> The task: Whenever a line below includes the word "SYMBOL", copy that line.

> Records shown:
◇ ◇ ◇ ◇

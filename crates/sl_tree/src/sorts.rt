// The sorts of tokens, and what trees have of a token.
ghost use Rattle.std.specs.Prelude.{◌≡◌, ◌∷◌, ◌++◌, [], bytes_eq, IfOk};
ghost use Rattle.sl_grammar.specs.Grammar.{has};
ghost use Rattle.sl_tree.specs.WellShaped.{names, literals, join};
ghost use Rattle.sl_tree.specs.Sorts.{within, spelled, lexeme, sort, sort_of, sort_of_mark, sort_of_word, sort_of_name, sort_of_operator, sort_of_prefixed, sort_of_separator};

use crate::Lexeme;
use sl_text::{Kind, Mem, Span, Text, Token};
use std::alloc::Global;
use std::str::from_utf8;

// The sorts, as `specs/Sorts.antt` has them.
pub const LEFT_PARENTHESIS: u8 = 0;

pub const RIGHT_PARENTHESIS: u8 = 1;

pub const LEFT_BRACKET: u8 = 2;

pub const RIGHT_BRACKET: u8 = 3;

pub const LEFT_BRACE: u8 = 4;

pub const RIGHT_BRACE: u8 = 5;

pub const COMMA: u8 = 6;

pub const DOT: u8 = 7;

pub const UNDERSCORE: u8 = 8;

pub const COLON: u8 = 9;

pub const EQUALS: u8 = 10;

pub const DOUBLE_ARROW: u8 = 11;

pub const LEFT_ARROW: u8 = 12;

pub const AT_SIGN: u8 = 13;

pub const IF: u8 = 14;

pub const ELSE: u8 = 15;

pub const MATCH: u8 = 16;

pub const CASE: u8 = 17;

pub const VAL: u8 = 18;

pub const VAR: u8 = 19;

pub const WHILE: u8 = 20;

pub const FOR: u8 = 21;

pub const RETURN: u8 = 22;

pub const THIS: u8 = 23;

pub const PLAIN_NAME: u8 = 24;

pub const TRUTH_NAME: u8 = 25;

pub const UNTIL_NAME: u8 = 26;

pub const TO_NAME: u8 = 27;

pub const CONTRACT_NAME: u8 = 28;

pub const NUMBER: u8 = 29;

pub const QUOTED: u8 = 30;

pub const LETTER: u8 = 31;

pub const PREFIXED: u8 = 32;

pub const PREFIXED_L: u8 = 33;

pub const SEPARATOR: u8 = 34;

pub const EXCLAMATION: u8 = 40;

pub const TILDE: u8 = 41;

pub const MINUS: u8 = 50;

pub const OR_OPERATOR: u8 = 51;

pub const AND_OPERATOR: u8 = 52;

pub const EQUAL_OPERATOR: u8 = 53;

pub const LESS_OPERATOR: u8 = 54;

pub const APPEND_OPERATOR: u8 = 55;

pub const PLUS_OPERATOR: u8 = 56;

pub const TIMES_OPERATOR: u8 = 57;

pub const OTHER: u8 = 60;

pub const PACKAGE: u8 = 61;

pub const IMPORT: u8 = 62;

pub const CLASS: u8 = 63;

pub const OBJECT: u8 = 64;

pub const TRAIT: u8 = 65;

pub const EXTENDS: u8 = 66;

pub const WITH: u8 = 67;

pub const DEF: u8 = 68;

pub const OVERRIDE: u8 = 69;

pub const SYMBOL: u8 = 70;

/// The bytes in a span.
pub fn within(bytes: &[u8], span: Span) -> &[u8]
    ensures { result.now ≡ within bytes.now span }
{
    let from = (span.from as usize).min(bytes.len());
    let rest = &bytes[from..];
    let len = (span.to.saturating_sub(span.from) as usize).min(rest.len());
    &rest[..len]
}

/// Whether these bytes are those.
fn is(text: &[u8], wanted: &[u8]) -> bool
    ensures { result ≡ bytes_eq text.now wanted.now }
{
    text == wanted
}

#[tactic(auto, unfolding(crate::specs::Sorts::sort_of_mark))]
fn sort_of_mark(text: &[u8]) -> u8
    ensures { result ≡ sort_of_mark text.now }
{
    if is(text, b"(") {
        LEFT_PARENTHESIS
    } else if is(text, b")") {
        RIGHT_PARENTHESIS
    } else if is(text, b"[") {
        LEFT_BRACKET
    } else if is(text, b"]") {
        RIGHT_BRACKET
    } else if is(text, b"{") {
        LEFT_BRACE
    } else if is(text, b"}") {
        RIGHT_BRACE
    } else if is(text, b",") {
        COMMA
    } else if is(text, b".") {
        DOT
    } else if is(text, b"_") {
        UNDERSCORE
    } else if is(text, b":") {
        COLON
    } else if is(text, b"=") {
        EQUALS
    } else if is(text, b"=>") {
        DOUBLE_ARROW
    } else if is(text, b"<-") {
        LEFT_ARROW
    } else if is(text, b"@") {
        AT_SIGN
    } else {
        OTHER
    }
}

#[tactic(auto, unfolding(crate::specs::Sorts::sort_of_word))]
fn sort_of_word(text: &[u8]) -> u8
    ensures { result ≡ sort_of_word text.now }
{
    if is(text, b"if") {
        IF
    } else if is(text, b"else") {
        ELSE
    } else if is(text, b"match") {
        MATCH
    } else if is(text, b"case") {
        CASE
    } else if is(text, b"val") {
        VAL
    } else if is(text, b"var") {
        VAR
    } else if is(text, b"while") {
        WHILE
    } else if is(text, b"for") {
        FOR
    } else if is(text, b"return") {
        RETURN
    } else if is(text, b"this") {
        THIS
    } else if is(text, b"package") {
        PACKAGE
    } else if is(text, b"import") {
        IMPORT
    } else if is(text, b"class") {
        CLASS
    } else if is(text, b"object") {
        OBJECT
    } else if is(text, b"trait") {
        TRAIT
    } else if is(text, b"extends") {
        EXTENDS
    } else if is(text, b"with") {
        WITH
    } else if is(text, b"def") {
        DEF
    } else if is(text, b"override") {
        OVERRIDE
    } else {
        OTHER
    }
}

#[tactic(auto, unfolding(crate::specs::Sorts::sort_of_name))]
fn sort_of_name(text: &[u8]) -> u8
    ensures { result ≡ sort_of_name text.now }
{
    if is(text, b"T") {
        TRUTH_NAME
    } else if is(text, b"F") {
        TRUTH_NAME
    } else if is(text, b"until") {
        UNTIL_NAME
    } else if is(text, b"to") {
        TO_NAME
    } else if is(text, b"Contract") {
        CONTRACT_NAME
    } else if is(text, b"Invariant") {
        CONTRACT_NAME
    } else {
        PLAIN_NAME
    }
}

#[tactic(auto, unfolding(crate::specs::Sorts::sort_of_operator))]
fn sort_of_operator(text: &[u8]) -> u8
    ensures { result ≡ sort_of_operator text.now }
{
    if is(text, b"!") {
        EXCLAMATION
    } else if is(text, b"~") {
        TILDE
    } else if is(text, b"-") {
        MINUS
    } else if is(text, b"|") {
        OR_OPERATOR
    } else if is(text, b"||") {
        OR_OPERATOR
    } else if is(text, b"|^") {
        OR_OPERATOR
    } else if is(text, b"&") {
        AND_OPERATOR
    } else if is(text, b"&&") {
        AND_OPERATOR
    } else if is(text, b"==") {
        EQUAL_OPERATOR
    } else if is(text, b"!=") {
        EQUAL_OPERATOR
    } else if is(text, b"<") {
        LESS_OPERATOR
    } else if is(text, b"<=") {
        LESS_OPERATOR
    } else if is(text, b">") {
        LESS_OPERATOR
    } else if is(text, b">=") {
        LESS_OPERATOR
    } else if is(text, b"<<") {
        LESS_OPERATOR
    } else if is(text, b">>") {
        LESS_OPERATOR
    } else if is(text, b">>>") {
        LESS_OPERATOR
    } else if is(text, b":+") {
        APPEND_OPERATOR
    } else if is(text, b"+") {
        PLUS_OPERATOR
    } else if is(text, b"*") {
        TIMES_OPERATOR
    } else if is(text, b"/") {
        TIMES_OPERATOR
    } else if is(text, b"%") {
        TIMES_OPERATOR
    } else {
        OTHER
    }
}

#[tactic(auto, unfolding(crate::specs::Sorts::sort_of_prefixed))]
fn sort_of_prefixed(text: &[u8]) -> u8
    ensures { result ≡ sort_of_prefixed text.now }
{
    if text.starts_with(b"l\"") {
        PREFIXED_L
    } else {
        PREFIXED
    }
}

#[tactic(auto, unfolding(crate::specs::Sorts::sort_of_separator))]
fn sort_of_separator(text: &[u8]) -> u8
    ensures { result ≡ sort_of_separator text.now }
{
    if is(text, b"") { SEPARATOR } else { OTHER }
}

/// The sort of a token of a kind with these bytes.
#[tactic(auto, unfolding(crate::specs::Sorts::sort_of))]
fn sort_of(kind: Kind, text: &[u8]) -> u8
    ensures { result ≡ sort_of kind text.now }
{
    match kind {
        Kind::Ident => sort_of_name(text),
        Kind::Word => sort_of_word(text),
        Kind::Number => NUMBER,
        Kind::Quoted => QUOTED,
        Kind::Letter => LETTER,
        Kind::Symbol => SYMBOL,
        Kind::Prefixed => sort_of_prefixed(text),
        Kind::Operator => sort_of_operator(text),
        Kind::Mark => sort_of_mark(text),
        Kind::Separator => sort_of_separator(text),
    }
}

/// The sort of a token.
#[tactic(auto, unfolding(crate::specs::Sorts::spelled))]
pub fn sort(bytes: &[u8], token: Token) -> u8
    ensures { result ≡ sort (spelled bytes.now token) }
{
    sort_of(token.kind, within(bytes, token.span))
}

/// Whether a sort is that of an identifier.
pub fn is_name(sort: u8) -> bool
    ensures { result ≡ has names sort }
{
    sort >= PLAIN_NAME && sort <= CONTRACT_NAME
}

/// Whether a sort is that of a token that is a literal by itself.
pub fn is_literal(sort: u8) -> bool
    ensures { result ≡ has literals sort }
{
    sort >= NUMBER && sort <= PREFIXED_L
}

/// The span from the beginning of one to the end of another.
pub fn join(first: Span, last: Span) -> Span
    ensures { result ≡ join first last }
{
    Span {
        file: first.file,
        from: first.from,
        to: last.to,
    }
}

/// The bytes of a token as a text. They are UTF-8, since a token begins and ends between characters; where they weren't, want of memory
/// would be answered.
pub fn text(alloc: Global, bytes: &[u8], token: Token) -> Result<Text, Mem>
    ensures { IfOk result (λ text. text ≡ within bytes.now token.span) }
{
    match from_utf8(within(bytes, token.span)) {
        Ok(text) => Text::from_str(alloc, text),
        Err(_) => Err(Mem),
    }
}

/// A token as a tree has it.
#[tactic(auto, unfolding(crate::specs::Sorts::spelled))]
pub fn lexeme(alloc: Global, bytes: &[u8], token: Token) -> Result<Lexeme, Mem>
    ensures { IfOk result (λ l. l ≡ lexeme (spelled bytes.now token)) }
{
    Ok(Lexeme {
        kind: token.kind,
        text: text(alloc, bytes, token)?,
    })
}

◇ ◇ ◇ ◇

> Answer to the exercise:
pub const SYMBOL: u8 = 70;
        Kind::Symbol => SYMBOL,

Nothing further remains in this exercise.